# About this task:
Scan each line of the records for the word "NoMemory" and extract the ones that have it.
<<<<
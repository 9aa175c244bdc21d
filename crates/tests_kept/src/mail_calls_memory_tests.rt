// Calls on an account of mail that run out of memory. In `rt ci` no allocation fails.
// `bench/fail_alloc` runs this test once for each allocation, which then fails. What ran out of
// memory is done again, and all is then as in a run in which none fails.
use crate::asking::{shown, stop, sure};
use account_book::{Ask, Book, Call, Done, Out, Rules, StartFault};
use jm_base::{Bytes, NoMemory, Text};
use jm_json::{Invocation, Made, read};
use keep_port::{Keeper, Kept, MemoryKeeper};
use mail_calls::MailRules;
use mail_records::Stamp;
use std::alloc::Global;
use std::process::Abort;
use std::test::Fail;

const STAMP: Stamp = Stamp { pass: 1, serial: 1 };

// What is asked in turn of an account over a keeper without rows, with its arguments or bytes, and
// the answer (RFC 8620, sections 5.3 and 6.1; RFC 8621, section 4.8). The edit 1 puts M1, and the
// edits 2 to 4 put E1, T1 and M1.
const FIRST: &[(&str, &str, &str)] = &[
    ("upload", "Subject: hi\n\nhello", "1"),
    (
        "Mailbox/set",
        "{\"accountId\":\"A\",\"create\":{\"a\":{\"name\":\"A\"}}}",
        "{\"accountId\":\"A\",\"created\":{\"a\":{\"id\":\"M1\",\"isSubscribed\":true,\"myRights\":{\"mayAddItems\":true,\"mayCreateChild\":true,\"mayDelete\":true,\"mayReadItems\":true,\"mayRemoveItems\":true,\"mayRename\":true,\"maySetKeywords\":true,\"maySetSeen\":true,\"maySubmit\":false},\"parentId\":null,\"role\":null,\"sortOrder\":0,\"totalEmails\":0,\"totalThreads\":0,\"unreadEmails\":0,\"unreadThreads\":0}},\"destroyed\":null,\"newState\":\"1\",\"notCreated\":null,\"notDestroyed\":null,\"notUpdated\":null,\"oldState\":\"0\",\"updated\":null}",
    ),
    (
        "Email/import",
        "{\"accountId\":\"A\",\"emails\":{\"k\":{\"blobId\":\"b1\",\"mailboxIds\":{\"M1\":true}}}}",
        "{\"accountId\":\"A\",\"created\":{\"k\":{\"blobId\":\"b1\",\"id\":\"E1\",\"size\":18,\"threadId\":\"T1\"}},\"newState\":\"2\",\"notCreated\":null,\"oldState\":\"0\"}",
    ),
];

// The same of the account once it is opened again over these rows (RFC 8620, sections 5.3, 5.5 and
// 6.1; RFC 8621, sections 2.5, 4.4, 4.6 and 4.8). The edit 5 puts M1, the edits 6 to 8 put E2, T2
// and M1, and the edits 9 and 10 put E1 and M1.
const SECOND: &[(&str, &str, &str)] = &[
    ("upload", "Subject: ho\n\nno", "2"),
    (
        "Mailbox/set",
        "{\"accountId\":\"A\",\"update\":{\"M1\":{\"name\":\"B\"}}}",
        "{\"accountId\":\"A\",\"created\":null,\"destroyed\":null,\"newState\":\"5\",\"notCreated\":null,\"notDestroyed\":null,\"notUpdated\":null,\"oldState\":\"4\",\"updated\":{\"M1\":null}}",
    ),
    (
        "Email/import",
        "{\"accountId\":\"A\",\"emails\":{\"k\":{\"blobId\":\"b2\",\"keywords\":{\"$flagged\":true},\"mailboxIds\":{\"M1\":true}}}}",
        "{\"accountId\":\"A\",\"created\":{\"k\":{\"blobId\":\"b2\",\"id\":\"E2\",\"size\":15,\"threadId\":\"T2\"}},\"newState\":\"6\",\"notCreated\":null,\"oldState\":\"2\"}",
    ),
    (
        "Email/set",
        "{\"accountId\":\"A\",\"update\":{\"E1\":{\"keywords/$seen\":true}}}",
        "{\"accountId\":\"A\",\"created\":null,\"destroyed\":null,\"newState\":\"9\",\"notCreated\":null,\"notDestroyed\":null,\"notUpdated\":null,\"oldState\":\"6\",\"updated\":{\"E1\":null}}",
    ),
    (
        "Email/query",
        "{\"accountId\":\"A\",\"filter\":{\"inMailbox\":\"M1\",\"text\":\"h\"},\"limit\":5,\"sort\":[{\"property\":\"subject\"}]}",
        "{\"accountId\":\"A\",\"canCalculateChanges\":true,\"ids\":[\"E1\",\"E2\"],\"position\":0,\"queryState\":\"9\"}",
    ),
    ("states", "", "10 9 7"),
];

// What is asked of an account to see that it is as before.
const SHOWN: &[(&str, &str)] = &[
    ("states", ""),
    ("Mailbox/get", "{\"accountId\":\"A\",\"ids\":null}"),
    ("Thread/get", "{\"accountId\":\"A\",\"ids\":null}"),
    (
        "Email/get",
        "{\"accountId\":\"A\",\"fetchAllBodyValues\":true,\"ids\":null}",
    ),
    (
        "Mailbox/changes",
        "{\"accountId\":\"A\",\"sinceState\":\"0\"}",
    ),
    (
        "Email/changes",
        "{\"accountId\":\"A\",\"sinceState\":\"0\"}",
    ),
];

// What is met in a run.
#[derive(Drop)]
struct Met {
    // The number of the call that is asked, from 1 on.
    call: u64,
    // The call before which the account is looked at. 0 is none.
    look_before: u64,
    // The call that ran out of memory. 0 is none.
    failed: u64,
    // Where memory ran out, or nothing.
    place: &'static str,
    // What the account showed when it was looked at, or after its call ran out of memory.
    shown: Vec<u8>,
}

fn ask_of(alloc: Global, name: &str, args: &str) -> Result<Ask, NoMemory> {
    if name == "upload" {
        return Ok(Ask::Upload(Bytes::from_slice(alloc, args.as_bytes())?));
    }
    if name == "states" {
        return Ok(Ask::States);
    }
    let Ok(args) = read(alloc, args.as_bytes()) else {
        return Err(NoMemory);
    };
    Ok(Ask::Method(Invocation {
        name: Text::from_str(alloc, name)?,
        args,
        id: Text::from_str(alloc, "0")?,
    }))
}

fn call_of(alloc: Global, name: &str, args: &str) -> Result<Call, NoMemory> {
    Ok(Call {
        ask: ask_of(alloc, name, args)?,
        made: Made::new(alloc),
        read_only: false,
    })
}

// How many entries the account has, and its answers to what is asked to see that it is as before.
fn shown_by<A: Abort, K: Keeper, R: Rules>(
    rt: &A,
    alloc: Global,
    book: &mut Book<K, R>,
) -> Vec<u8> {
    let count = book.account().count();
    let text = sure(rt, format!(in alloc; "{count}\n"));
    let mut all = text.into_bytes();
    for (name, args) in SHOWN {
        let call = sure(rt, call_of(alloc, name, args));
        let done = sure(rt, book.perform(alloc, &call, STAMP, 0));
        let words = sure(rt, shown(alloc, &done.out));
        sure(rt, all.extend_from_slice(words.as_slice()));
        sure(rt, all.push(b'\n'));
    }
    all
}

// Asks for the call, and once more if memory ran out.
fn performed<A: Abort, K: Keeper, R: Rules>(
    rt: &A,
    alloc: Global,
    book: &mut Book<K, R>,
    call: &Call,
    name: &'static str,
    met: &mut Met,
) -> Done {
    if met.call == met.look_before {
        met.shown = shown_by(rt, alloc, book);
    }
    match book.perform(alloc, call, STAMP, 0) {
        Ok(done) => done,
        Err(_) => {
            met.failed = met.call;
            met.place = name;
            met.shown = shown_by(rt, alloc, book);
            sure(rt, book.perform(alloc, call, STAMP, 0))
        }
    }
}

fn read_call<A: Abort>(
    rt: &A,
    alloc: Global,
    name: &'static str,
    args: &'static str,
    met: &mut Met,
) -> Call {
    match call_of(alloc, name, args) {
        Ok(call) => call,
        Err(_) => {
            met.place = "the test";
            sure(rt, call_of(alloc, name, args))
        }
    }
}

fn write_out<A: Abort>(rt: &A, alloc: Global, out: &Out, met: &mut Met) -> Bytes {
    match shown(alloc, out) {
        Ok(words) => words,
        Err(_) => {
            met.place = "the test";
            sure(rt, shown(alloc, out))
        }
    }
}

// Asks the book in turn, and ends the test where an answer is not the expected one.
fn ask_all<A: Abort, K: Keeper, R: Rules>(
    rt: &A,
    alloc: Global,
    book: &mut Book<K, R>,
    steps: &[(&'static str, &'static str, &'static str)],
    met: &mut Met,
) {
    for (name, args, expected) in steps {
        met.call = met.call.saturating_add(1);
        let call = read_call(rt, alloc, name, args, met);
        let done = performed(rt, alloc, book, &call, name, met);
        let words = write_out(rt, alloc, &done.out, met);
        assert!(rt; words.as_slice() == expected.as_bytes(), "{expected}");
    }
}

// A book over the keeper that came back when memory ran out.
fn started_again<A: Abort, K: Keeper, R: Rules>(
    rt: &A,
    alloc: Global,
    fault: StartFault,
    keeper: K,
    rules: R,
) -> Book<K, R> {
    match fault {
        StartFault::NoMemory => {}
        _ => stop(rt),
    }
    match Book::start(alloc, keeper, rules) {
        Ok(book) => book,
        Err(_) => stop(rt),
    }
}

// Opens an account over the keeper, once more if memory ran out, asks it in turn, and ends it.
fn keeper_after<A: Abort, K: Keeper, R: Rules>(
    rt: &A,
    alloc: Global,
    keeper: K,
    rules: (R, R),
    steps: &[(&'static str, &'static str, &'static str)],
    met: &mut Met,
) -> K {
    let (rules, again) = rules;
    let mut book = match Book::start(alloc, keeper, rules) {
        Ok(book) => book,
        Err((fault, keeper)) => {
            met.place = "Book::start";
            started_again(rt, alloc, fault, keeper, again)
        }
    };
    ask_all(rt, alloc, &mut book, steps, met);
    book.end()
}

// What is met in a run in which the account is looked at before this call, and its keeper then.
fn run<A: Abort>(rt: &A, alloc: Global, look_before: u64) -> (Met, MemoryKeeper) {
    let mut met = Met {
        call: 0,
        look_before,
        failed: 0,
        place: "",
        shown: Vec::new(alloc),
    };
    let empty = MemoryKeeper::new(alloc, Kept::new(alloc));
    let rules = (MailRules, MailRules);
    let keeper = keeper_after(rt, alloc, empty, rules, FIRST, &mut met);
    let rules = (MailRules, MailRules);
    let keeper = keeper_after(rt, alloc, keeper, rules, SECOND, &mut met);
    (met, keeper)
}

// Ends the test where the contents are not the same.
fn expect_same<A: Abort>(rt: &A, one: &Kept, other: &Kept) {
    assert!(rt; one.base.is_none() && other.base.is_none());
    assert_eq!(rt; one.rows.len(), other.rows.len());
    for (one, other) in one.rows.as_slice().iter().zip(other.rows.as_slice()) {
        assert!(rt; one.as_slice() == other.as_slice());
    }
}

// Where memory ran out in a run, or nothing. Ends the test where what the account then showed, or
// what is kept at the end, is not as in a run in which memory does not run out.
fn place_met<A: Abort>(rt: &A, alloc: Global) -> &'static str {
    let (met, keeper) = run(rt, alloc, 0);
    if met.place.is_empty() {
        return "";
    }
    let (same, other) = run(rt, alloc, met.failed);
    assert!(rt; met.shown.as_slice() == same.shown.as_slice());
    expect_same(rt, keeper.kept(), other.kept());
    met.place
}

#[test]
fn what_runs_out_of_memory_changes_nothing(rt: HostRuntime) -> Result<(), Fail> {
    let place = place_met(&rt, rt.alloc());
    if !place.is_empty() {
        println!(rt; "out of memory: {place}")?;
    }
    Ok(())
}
>>>>
# Result for this task:
use jm_base::{Bytes, NoMemory, Text};
fn ask_of(alloc: Global, name: &str, args: &str) -> Result<Ask, NoMemory> {
        return Err(NoMemory);
fn call_of(alloc: Global, name: &str, args: &str) -> Result<Call, NoMemory> {
        StartFault::NoMemory => {}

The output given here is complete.